A robust conductive covalent organic framework for ultra-stable potassium storage

Abstract

Redox-active covalent organic frameworks (COFs) have garnered significant attention in the field of K-ion batteries (KIBs), but their applications are mainly hampered by their low electronic conductivity and insufficient cyclability owing to the large size of K-ions. Herein, we report a Ni-bis(dithiolene) and tetrathiafulvalene-based COF (Ni-TTF) with promising electronic conductivity and exceptional stability for high-performance KIB anodes. The redox-active units of Ni-bis(dithiolene) and tetrathiafulvalene (TTF) provide accessible sites for K-ion storage. The one-dimensional tunnel structure and good conductivity of Ni-TTF enabled fast charge (K⁺/e⁻) transfer.

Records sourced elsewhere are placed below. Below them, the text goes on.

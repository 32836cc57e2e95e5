//! A journal that a crash can't spoil: the archive's one file, as a list of payloads.
//!
//! What the crate above uses: [`Journal`], over any disk of `disk_model`. Contracts see it as its disk, its
//! payloads and their number (`Opened` in `specs/Journal.antt`). [`Journal::commit`] adds a payload of a
//! [`Frame`]: at every moment since the call's start every image of the disk, which is the file that a crash
//! then leaves, is a journal of the payloads of before, or of these and the new one; after Ok every image has
//! it. Where the disk fails, the journal is stopped: it answers [`DiskFault`] to every further commit without
//! a call on the disk, and every image keeps the payloads, with the one that was in hand or without.
//! [`Journal::recover`] opens the payloads of what a read gives, after a crash too, and every image then holds
//! these; it writes nothing. [`Journal::read_entry`] reads a payload, and leaves the images as they were:
//! that a journal was only read is `WasRead`, a relation of two of its moments, which goes on from read to
//! read (`proofs/JournalReads.antt`). [`Journal::init`] makes a journal in an empty file. So after an `init` or a
//! `recover` that answered Ok, no image that a journal's calls leave is damaged ([`RecoverFault`]); a crash
//! inside `init` may leave anything, and it is run again on an empty file. All this is in the type: callers
//! show lengths, numbers, and that they reserved before they commit.
//!
//! The definition: `specs/Frames.antt` says what a file is. A file has 16 bytes of magic and then frames: a
//! gate, the payload's length (four bytes, the greatest first) and the payload. A gate of 1 is open, every
//! other byte is a closed one; the payloads are those of the frames up to the first closed gate, and what
//! follows it isn't read. A file is a journal of its payloads (`IsJournal`), or is damaged at an offset
//! (`IsDamaged`), or is no journal (`IsNoJournal`); `reading_of` says which, and the law
//! [`a_file_reads_in_one_way`] that there is no second way.
//!
//! How it goes: the last gate of a file stands closed on the disk before anything is written behind it. A
//! commit writes the frame and the next closed gate behind it, syncs, opens it by a write of one byte, and
//! syncs (`proofs/Adding.antt`). No checksum is trusted.
#![tactic(auto)]

mod commit;
mod fault;
mod frame;
mod journal;
mod law;
mod recover;
mod room;

pub use fault::{DiskFault, InitFault, ReadFault, RecoverFault};
pub use frame::Frame;
pub use journal::Journal;
pub use law::{a_file_reads_in_one_way, the_first_gate_stands_at_16};
pub use room::Room;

The reticular network structure maintained its stability in organic electrolyte and ensured a resilient electrode to sustain repeated K-ion intercalation/deintercalation. As a result, Ni-TTF delivered a high reversible capacity of 223 mA h g⁻¹ over more than 800 cycles at a current density of 1C (0.3 A g⁻¹). Moreover, Ni-TTF achieved ultrastable cyclability, without discernible capacity fading after 2500 cycles at 2C, ranking it among the best organic anode materials for KIBs. This contribution opened a new avenue in the design of robust COFs with promising redox activity and improved conductivity for ultrastable K-ion storage.